Have you ever made your own marmalade? Tasty, fun and barring explosions very easy. I’ll come back to the explosions in a bit. January is the time to make proper marmalade as it’s the Seville orange season. These warty, ugly sour oranges are only available for a short period so you need to grab them when you see them. Richards by Par docks always has a good supply in and they often have little recipe sheets to go with whatever they have in at the time. Marmalade is one of those wonderful seasonal foods, of course you can make marmalade all year round with lemons and grapefruits and sweet oranges and so on but for a proper strong, rich marmalade you need the sevilles.

The most tedious part is slicing the rind, and because I need a sharp knife to do it, it’s not one of those “fun” tasks I can con the children into doing. Eventually fingers stinging from the acidic juice, the deed is done and then it’s just softening in water and melted sugar and then boiling the whole lot until a set is reached. If you don’t pay careful attention and stir regularly you may cause a skin, which may burst in a rather volcanic manner leaving you and the kitchen covered in boiling hot sticky sugar and orange peel. Providing you avoid doing this you will have loads of gorgeous jars of delicious orange marmalade shining back at you. If you line them up on the window they look like captured suns and always make me think of summer, despite the fact that I am making them in the dead of winter, with the wind and the rain lashing around the doors and windows. Even better is to spread some over a thick slice of white bread heavily coated in butter, a coffee by my side, a book in my hand and a fire in the hearth.

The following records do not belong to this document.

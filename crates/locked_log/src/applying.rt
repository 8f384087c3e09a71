//! A command under the lock.

ghost use Rattle.std.specs.Prelude.{◌≡◌, ◌<◌, ◌≤◌, ◌+◌, ◌↔◌, None, Err, false, IfErr, IsTrue, OnOk, length};
ghost use Rattle.locked_log.specs.Applies.{AppliesHeld, WaitsForRoll};
ghost use Rattle.locked_log.specs.Held.{held};
ghost use Rattle.locked_log.specs.States.{IsState, Lasts};
ghost use Rattle.store_seat.specs.Accounts.{Knows};
ghost use Rattle.store_step.specs.master.master_state.Causes.{command_refusal};

use crate::state::State;
use history::{RecordRef, view_command, view_reply};
use replica::Fleet;
use store_seat::{CallFault, Naming, Seat, file};
use store_step::apply_command;
use store_step::master::{Command, Refusal, Reply};

impl<F: Fleet, B: Naming> State<F, B> {
    /// Applies one command of this seat. Before the step its record has a cell, and memory for the cell.
    pub fn apply_held(
        &mut self,
        seat: &mut Seat<B>,
        command: &Command,
    ) -> Result<(u64, Reply), CallFault>
        ensures applies { AppliesHeld (held F.state self.old) seat.old command.now result
            (held F.state self.new) seat.new }
        ensures lasts { Lasts 1 (held F.state self.old) (held F.state self.new) }
        ensures valid { IsState (held F.state self.new) B.made }
    {
        self.show_valid();
        if !self.has_cell() {
            return Err(self.lacks_cell(seat, command));
        }
        if !self.reserve() {
            return Err(self.want(seat, command));
        }
        self.apply_reserved(seat, command)
    }

    /// Whether there is a cell for the next record.
    fn has_cell(&self) -> bool
        ensures { IsTrue result ↔ (length self.now.master.knows.history < self.now.start + length self.now.row) }
    {
        self.row.reaches(self.master.history().len())
    }

    /// Takes memory for the cell of one record, unless it has some. Answers whether it has it then. Nothing else
    /// changes.
    fn reserve(&mut self) -> bool
        ensures same { self.new ≡ self.old }
        ensures valid { IsState (held F.state self.new) B.made }
    {
        self.row.reserve(self.alloc).is_ok()
    }

    /// Why a command of this seat is refused before its record's cell is looked at, if it is.
    fn test(&self, seat: &Seat<B>, command: &Command) -> Result<(), CallFault>
        ensures passes { OnOk result ((self.now.is_refused ≡ false) × Knows self.now.book seat.now
            × (command_refusal self.now.master.knows command.now ≡ None)) }
        ensures refused { IfErr result (λ fault. AppliesHeld (held F.state self.now) seat.now command.now (Err fault)
            (held F.state self.now) seat.now) }
    {
        if self.is_refused {
            return Err(CallFault::CellRefused);
        }
        if !self.knows(seat) {
            return Err(CallFault::SeatUnknown);
        }
        match self.master.would(seat.number(), command) {
            Ok(()) => Ok(()),
            Err(refusal) => Err(CallFault::Refused(refusal)),
        }
    }

    /// Why a command of this seat is refused if its cell gets no memory: by the test that fails, or else for want of
    /// memory.
    fn want(&self, seat: &Seat<B>, command: &Command) -> CallFault
        ensures { AppliesHeld (held F.state self.now) seat.now command.now (Err result)
            (held F.state self.now) seat.now }
    {
        match self.test(seat, command) {
            Ok(()) => CallFault::Refused(Refusal::NoMemory),
            Err(fault) => fault,
        }
    }

    /// Why a command of this seat is refused if there is no cell for its record: by the test that fails, or else
    /// because the cells are spent.
    fn lacks_cell(&self, seat: &Seat<B>, command: &Command) -> CallFault
        requires { self.now.start + length self.now.row ≤ length self.now.master.knows.history }
        ensures { AppliesHeld (held F.state self.now) seat.now command.now (Err result)
            (held F.state self.now) seat.now }
    {
        match self.test(seat, command) {
            Ok(()) => CallFault::CellsSpent,
            Err(fault) => fault,
        }
    }

    /// Applies one command of this seat, once its record has a cell, and the cell has memory.
    fn apply_reserved(
        &mut self,
        seat: &mut Seat<B>,
        command: &Command,
    ) -> Result<(u64, Reply), CallFault>
        requires { length self.old.master.knows.history < self.old.start + length self.old.row }
        ensures applies { AppliesHeld (held F.state self.old) seat.old command.now result
            (held F.state self.new) seat.new }
        ensures lasts { Lasts 1 (held F.state self.old) (held F.state self.new) }
        ensures valid { IsState (held F.state self.new) B.made }
    {
        if self.is_refused {
            return Err(CallFault::CellRefused);
        }
        if !self.knows(seat) {
            return Err(CallFault::SeatUnknown);
        }
        self.master.show_kept();
        let number = seat.number();
        let view = view_command(command);
        let (place, reply) = match apply_command(&mut self.master, number, &view) {
            Ok(applied) => applied,
            Err(refusal) => return Err(CallFault::Refused(refusal)),
        };
        let what = RecordRef {
            seat: number,
            command: view,
            reply: view_reply(&reply),
        };
        if !file(
            self.alloc,
            &mut self.row,
            &mut self.book,
            &mut self.total,
            &mut self.is_refused,
            seat,
            place,
            &what,
        ) {
            return Err(CallFault::CellRefused);
        }
        Ok((place, reply))
    }

    /// Whether the command of this seat would be applied if no roll had to come first.
    pub(crate) fn waits_for_roll(&self, seat: &Seat<B>, command: &Command) -> bool
        ensures { IsTrue result ↔ WaitsForRoll (held F.state self.now) seat.now command.now }
    {
        if self.is_refused || !self.knows(seat) {
            return false;
        }
        match self.master.would(seat.number(), command) {
            Ok(()) => false,
            Err(refusal) => refusal == Refusal::Rolling,
        }
    }
}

Winter seems an obvious time to think about food, all those lovely heartening stews and soups, big roast, bowls of porridge and whilst I often think of fish as a summer food I’ve been thinking about it a lot following the Hugh Fernley-Wittingstall programme on fish waste. I’ve never seen such criminal waste. One fisherman said “it might not be legally wrong but it is morally wrong” and he was right. I live here by the sea, a huge part of our economy comes from the sea but I was unaware of the senseless waste that our fishermen are being forced to throw away. I know all about tuna issues and farmed salmon but the concept of the quota missed me by completely. I was incensed to see those huge dead fish being thrown back overboard. There was a wonderful Ealing Comedies moment when the fishing fleet threw their “discards” overboard within paddling reach of the shore. Like Whisky Galore the locals made the most of their unusual harvest filleting the lovely free fish and making a feast of it.


The scientists say that the stock levels aren’t high enough and I have to respect their opinions as much as the fishermen’s, as I don’t yet know enough about the subject. But from what I can see, throwing back dead fish is wrong.


Maybe like marmalade we need to start thinking more about the season that the food is naturally available in and the quantities that it’s available and change our lifestyle accordingly?